**INSTRUCTIONS TO FOLLOW**
Which lines of the records contain "what"? Collect every one of them.

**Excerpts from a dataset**
□ □ □ □ □

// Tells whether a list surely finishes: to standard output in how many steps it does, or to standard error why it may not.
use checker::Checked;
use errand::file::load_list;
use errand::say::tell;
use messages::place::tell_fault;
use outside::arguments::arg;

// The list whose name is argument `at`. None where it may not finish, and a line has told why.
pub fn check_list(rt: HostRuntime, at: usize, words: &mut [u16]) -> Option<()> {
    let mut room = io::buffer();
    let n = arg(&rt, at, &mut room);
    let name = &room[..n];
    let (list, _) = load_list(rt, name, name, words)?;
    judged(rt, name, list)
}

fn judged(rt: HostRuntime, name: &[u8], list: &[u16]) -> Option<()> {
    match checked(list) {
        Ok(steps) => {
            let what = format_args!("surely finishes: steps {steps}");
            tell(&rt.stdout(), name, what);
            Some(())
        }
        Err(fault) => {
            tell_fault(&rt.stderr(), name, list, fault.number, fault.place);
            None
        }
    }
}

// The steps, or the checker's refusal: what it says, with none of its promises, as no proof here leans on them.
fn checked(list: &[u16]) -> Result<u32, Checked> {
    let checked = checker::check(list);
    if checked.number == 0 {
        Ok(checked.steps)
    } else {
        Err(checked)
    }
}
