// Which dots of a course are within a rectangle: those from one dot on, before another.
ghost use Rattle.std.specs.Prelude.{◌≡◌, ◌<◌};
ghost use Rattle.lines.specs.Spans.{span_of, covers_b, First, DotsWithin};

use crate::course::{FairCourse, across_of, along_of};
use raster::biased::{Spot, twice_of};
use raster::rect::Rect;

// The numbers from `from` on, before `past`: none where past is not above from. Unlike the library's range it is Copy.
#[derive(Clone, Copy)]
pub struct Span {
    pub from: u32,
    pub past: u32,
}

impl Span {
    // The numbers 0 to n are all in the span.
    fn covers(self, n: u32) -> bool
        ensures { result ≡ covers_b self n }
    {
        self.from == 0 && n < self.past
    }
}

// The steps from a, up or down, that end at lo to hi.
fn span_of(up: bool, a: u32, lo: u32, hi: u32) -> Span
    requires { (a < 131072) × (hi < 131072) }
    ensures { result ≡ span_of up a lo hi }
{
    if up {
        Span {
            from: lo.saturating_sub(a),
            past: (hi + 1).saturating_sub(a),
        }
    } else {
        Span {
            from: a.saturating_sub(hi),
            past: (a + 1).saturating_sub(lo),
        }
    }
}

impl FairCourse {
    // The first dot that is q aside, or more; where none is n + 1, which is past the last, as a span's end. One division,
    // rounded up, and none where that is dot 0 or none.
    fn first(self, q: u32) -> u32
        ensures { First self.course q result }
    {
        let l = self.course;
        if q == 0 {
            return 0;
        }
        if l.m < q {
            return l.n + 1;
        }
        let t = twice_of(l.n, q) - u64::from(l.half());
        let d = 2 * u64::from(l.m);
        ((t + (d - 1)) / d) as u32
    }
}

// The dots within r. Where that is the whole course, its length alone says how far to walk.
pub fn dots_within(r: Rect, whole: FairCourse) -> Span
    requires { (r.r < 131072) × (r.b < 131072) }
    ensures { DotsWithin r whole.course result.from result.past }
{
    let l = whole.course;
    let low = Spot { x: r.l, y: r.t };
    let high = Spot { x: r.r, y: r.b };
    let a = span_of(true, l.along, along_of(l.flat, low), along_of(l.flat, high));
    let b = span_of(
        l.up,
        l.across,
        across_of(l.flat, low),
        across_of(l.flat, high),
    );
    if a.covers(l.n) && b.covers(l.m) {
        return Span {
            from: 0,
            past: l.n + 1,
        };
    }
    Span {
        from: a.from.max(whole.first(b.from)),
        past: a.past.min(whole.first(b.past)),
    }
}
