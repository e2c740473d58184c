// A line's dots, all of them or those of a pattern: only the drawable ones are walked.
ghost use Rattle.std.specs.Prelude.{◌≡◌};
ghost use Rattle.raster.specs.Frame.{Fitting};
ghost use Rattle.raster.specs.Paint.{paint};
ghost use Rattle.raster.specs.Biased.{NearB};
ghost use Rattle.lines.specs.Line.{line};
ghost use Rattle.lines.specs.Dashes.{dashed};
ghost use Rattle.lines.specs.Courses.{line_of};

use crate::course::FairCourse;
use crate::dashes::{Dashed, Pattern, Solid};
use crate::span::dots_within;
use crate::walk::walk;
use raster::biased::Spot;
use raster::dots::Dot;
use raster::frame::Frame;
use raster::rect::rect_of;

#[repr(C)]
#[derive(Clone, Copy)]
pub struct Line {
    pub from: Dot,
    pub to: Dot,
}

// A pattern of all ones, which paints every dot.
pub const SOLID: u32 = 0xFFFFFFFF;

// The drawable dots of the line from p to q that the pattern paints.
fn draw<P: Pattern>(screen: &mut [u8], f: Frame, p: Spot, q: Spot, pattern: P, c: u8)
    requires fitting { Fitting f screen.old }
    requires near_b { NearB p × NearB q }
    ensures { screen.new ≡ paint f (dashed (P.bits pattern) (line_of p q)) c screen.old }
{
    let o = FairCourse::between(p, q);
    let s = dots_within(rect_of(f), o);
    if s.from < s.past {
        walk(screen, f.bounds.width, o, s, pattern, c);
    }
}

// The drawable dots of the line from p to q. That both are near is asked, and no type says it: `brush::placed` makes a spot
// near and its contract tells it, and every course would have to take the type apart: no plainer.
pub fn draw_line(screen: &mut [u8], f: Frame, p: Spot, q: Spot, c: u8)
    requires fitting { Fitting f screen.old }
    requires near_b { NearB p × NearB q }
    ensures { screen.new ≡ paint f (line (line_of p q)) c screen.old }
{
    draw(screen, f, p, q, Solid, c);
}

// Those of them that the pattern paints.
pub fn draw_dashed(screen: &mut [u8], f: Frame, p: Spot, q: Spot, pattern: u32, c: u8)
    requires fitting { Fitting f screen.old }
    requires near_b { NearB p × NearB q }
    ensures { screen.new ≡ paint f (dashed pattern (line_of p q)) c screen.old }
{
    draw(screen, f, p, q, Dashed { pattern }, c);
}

□ □ □ □ □

**SOLUTION**
            let what = format_args!("surely finishes: steps {steps}");
            tell(&rt.stdout(), name, what);
// The steps, or the checker's refusal: what it says, with none of its promises, as no proof here leans on them.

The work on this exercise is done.